1. The Fall of Jeff Zucker
The world is full of weird origin stories. Jeff Zucker’s is one of them.
Once upon a time, Zucker was the boy-wonder producer of a morning “news” show. He was to Matt and Katie what was Gelman was to Regis and Kathie Lee.1
And of this humble beginning, a media titan was born.
[T]he mystery shouldn't be why did Jeff Zucker's career die; it's why was it still alive to start with? This is the man who probably holds the record of screwing up in more ways and not just in more jobs, but in more different kinds of jobs than probably anyone in media history.
Running a movie studio into the ground? Check!
Destroying American democracy as a ratings stunt? Been there, done that.
Providing shelter to all manner of men accused of misconduct? Covered!
His career was the equivalent of a patient stricken with cancer, a heart attack and Ebola, who had also fallen out of an airplane. And then showed up for work the next morning.
And yet — he not only remained the president of a major news network, but was a plausible contender for advancement.
It is hard to look at a career like Zucker’s and not conclude that a great deal of the corporate executive “meritocracy” is really affirmative action for old, rich, white guys.
Normally I wouldn’t care about the comings and goings at Warner’s C-suite. But as Rushfield points out, Zucker’s fecklessness did play a small part in blowing up American democracy.2
While he was running NBC, he greenlit The Apprentice and resurrected Trump’s media career.
Then, when he was running CNN he endlessly promoted Trump’s candidacy, because it was good for ratings:
CNN infamously took his campaign speeches live, sometimes going so far as to broadcast images of an empty lectern with embarrassing chyrons such as “Breaking News: Standing By for Trump to Speak.”

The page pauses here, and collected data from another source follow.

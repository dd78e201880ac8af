//! What a command is to do, once its files are read.
ghost use Rattle.std.specs.Prelude.{◌≡◌, ◌≢◌, [], true, Ok, IfOk, IfErr, IsErrOf};
ghost use Rattle.std.specs.Bool.{OnFalse};
ghost use Rattle.kid_outer.specs.Causes.{NeverFall, Rose};
ghost use Rattle.kid_kernel.specs.TheoryView.{plain_theory};
ghost use Rattle.kid_theory.specs.IsRead.{IsRead};
ghost use Rattle.kid_prog.specs.ProgramView.{plain_program};
ghost use Rattle.kid_prog.specs.ProgramText.{program_text};
ghost use Rattle.kid_prog.specs.Rules.{IsRunnable};
ghost use Rattle.kid_prog.specs.Spelling.{is_spelled_program};
ghost use Rattle.kid_top.specs.Derivation.{derivation_text as text_of_derivation};
ghost use Rattle.kid_top.specs.Command.{derive, run, solve};
ghost use Rattle.kid_top.specs.Failed.{has_failed};
ghost use Rattle.kid_top.specs.Words.{plain_command, IsUsable};
ghost use Rattle.kid_top.specs.Outcome.{Comes, Outcomes, saves, run_inputs, run_work, solve_theory, solve_work, derive_theory, derive_work, work_of};
ghost use Rattle.kid_top.specs.WorkView.{plain_work, IsReady, Suits};
ghost use Rattle.kid_top.specs.Risen.{RunRose, TheoryRose, SolveRose, DeriveRose, WorkRose};

use crate::derivation::derivation_text;
use crate::derived::script_program;
use crate::stages::{inputs_stage, program_stage, theory_stage};
use crate::stop::Stop;
use crate::words::Command;
use kid_kernel::Theory;
use kid_outer::Store;
use kid_prog::{Program, text};
use kid_run::Inputs;
use std::alloc::Global;

/// What is to be done: a program is run on inputs with so much fuel for each, or two texts are saved under their names.
#[derive(Drop)]
pub enum Work<'a> {
    Run {
        program: Program,
        inputs: Inputs,
        fuel: u64,
    },
    Save {
        derivation: &'a str,
        program: &'a str,
        derivation_bytes: Vec<u8>,
        program_bytes: Vec<u8>,
    },
}

/// Runs a program on the inputs of the file with this number.
fn run_inputs<'a, S: Store>(
    alloc: Global,
    store: &mut S,
    program: Program,
    inputs: &str,
    file: u8,
    fuel: u64,
) -> Result<Work<'a>, Stop>
    requires { IsRunnable (plain_program program) }
    ensures outcome { Outcomes (S.held store.old) plain_work result (λ files. run_inputs file (plain_program program) (files inputs.now) fuel) }
    ensures ready { IfOk result IsReady }
    ensures suits { IfOk result (λ w. Suits (run [] inputs.now fuel) (plain_work w)) }
    ensures held { S.held store.new ≡ S.held store.old }
    ensures failed { IsErrOf result Stop.Failed → Rose (S.faults store.old inputs.now) (S.faults store.new inputs.now) }
    ensures still { OnFalse (has_failed result) (S.faults store.new ≡ S.faults store.old) }
    ensures later { NeverFall (S.faults store.old) (S.faults store.new) }
    ensures fits { IsErrOf result Stop.Usage → ⊥ }
{
    let inputs = inputs_stage(alloc, store, &program, inputs, file)?;
    Ok(Work::Run {
        program,
        inputs,
        fuel,
    })
}

fn run_work<'a, S: Store>(
    alloc: Global,
    store: &mut S,
    program: &str,
    inputs: &str,
    fuel: u64,
) -> Result<Work<'a>, Stop>
    ensures outcome { Outcomes (S.held store.old) plain_work result (λ files. run_work files program.now inputs.now fuel) }
    ensures ready { IfOk result IsReady }
    ensures suits { IfOk result (λ w. Suits (run program.now inputs.now fuel) (plain_work w)) }
    ensures held { S.held store.new ≡ S.held store.old }
    ensures failed { IsErrOf result Stop.Failed → RunRose (S.held store.old) (S.faults store.old) (S.faults store.new) program.now inputs.now }
    ensures still { OnFalse (has_failed result) (S.faults store.new ≡ S.faults store.old) }
    ensures later { NeverFall (S.faults store.old) (S.faults store.new) }
    ensures fits { IsErrOf result Stop.Usage → ⊥ }
{
    let program = program_stage(alloc, store, program)?;
    run_inputs(alloc, store, program, inputs, 2, fuel)
}

/// Solves a theory by the script.
fn solve_theory<'a, S: Store>(
    alloc: Global,
    store: &mut S,
    theory: &Theory,
    script: &str,
    inputs: &str,
    fuel: u64,
) -> Result<Work<'a>, Stop>
    requires { IsRead (plain_theory theory.now) }
    ensures outcome { Outcomes (S.held store.old) plain_work result (λ files. solve_theory files script.now inputs.now fuel (plain_theory theory.now)) }
    ensures ready { IfOk result IsReady }
    ensures suits { IfOk result (λ w. Suits (solve [] script.now inputs.now fuel) (plain_work w)) }
    ensures held { S.held store.new ≡ S.held store.old }
    ensures failed { IsErrOf result Stop.Failed → TheoryRose (S.held store.old) (S.faults store.old) (S.faults store.new) (plain_theory theory.now) script.now inputs.now }
    ensures still { OnFalse (has_failed result) (S.faults store.new ≡ S.faults store.old) }
    ensures later { NeverFall (S.faults store.old) (S.faults store.new) }
    ensures fits { IsErrOf result Stop.Usage → ⊥ }
{
    let program = script_program(alloc, store, theory, script)?;
    run_inputs(alloc, store, program, inputs, 3, fuel)
}

fn solve_work<'a, S: Store>(
    alloc: Global,
    store: &mut S,
    theory: &str,
    script: &str,
    inputs: &str,
    fuel: u64,
) -> Result<Work<'a>, Stop>
    ensures outcome { Outcomes (S.held store.old) plain_work result (λ files. solve_work files theory.now script.now inputs.now fuel) }
    ensures ready { IfOk result IsReady }
    ensures suits { IfOk result (λ w. Suits (solve theory.now script.now inputs.now fuel) (plain_work w)) }
    ensures held { S.held store.new ≡ S.held store.old }
    ensures failed { IsErrOf result Stop.Failed → SolveRose (S.held store.old) (S.faults store.old) (S.faults store.new) theory.now script.now inputs.now }
    ensures still { OnFalse (has_failed result) (S.faults store.new ≡ S.faults store.old) }
    ensures later { NeverFall (S.faults store.old) (S.faults store.new) }
    ensures fits { IsErrOf result Stop.Usage → ⊥ }
{
    let theory = theory_stage(alloc, store, theory)?;
    solve_theory(alloc, store, &theory, script, inputs, fuel)
}

/// The work of saving a derived program under two names, the text of its derivation under the first.
fn saving<'a>(
    alloc: Global,
    derived: &Program,
    derivation: &'a str,
    program: &'a str,
) -> Result<Work<'a>, Stop>
    requires runnable { IsRunnable (plain_program derived.now) }
    requires spelled { is_spelled_program (plain_program derived.now) ≡ true }
    requires apart { derivation.now ≢ program.now }
    ensures ready { IfOk result IsReady }
    ensures outcome { Comes plain_work result (Ok (saves derivation.now program.now (text_of_derivation (plain_program derived.now)) (program_text (plain_program derived.now)))) }
    ensures suits { IfOk result (λ w. Suits (derive [] [] derivation.now program.now) (plain_work w)) }
    ensures memory { IfErr result (λ why. why ≡ Stop.Memory) }
{
    match derivation_text(alloc, derived) {
        Ok(derivation_bytes) => match text(alloc, derived) {
            Ok(program_bytes) => Ok(Work::Save {
                derivation,
                program,
                derivation_bytes,
                program_bytes,
            }),
            Err(_) => Err(Stop::Memory),
        },
        Err(_) => Err(Stop::Memory),
    }
}

/// Derives the two texts for a theory by the script.
fn derive_theory<'a, S: Store>(
    alloc: Global,
    store: &mut S,
    theory: &Theory,
    script: &str,
    derivation: &'a str,
    program: &'a str,
) -> Result<Work<'a>, Stop>
    requires theory { IsRead (plain_theory theory.now) }
    requires apart { derivation.now ≢ program.now }
    ensures ready { IfOk result IsReady }
    ensures outcome { Outcomes (S.held store.old) plain_work result (λ files. derive_theory files script.now derivation.now program.now (plain_theory theory.now)) }
    ensures suits { IfOk result (λ w. Suits (derive [] script.now derivation.now program.now) (plain_work w)) }
    ensures held { S.held store.new ≡ S.held store.old }
    ensures failed { IsErrOf result Stop.Failed → Rose (S.faults store.old script.now) (S.faults store.new script.now) }
    ensures still { OnFalse (has_failed result) (S.faults store.new ≡ S.faults store.old) }
    ensures later { NeverFall (S.faults store.old) (S.faults store.new) }
    ensures fits { IsErrOf result Stop.Usage → ⊥ }
{
    let derived = script_program(alloc, store, theory, script)?;
    saving(alloc, &derived, derivation, program)
}

fn derive_work<'a, S: Store>(
    alloc: Global,
    store: &mut S,
    theory: &str,
    script: &str,
    derivation: &'a str,
    program: &'a str,
) -> Result<Work<'a>, Stop>
    requires { derivation.now ≢ program.now }
    ensures ready { IfOk result IsReady }
    ensures outcome { Outcomes (S.held store.old) plain_work result (λ files. derive_work files theory.now script.now derivation.now program.now) }
    ensures suits { IfOk result (λ w. Suits (derive theory.now script.now derivation.now program.now) (plain_work w)) }
    ensures held { S.held store.new ≡ S.held store.old }
    ensures failed { IsErrOf result Stop.Failed → DeriveRose (S.held store.old) (S.faults store.old) (S.faults store.new) theory.now script.now }
    ensures still { OnFalse (has_failed result) (S.faults store.new ≡ S.faults store.old) }
    ensures later { NeverFall (S.faults store.old) (S.faults store.new) }
    ensures fits { IsErrOf result Stop.Usage → ⊥ }
{
    let theory = theory_stage(alloc, store, theory)?;
    derive_theory(alloc, store, &theory, script, derivation, program)
}

/// What a command is to do. The first refusal in the order of the files is answered.
pub fn work_of<'a, S: Store>(
    alloc: Global,
    store: &mut S,
    command: &Command<'a>,
) -> Result<Work<'a>, Stop>
    requires { IsUsable (plain_command command.now) }
    ensures outcome { Outcomes (S.held store.old) plain_work result (λ files. work_of (plain_command command.now) files) }
    ensures ready { IfOk result IsReady }
    ensures suits { IfOk result (λ w. Suits (plain_command command.now) (plain_work w)) }
    ensures held { S.held store.new ≡ S.held store.old }
    ensures failed { IsErrOf result Stop.Failed → WorkRose (plain_command command.now) (S.held store.old) (S.faults store.old) (S.faults store.new) }
    ensures still { OnFalse (has_failed result) (S.faults store.new ≡ S.faults store.old) }
    ensures later { NeverFall (S.faults store.old) (S.faults store.new) }
    ensures fits { IsErrOf result Stop.Usage → ⊥ }
{
    match *command {
        Command::Derive {
            theory,
            script,
            derivation,
            program,
        } => derive_work(alloc, store, theory, script, derivation, program),
        Command::Run {
            program,
            inputs,
            fuel,
        } => run_work(alloc, store, program, inputs, fuel),
        Command::Solve {
            theory,
            script,
            inputs,
            fuel,
        } => solve_work(alloc, store, theory, script, inputs, fuel),
    }
}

In the name of ideological diversity, he opened CNN’s platform to Trump’s propagandists, irrespective of whether or not they could be trusted to speak honestly, or candidly, or responsibly on the network’s air.
There was Jeffrey Lord, who eventually had to be fired for Nazi-philia.
There was Kayleigh McEnany, who used her CNN perch as an audition to become Trump’s press secretary.
And there was Corey Lewandowski.
Corey is a special case because he was hired by CNN as an “analyst” three days after being fired as Trump’s campaign manager. It was an insult for the network to present the guy who just days before had been tasked with running Trump’s campaign as an honest broker who would tell the audience what he really thought about current events.
But it was worse than an insult—it was journalistic malpractice. Because Lewandowski had signed a non-disclosure agreement with Trump when he went to work with him. Most of Trump’s NDAs contained non-disparagement clauses which covered not just Trump himself, but his family and organization.
CNN hired Lewandowski even though he had signed one of these NDAs.
But then they would not either confirm or deny for their audience if Lewandowski was bound by a non-disparagement clause.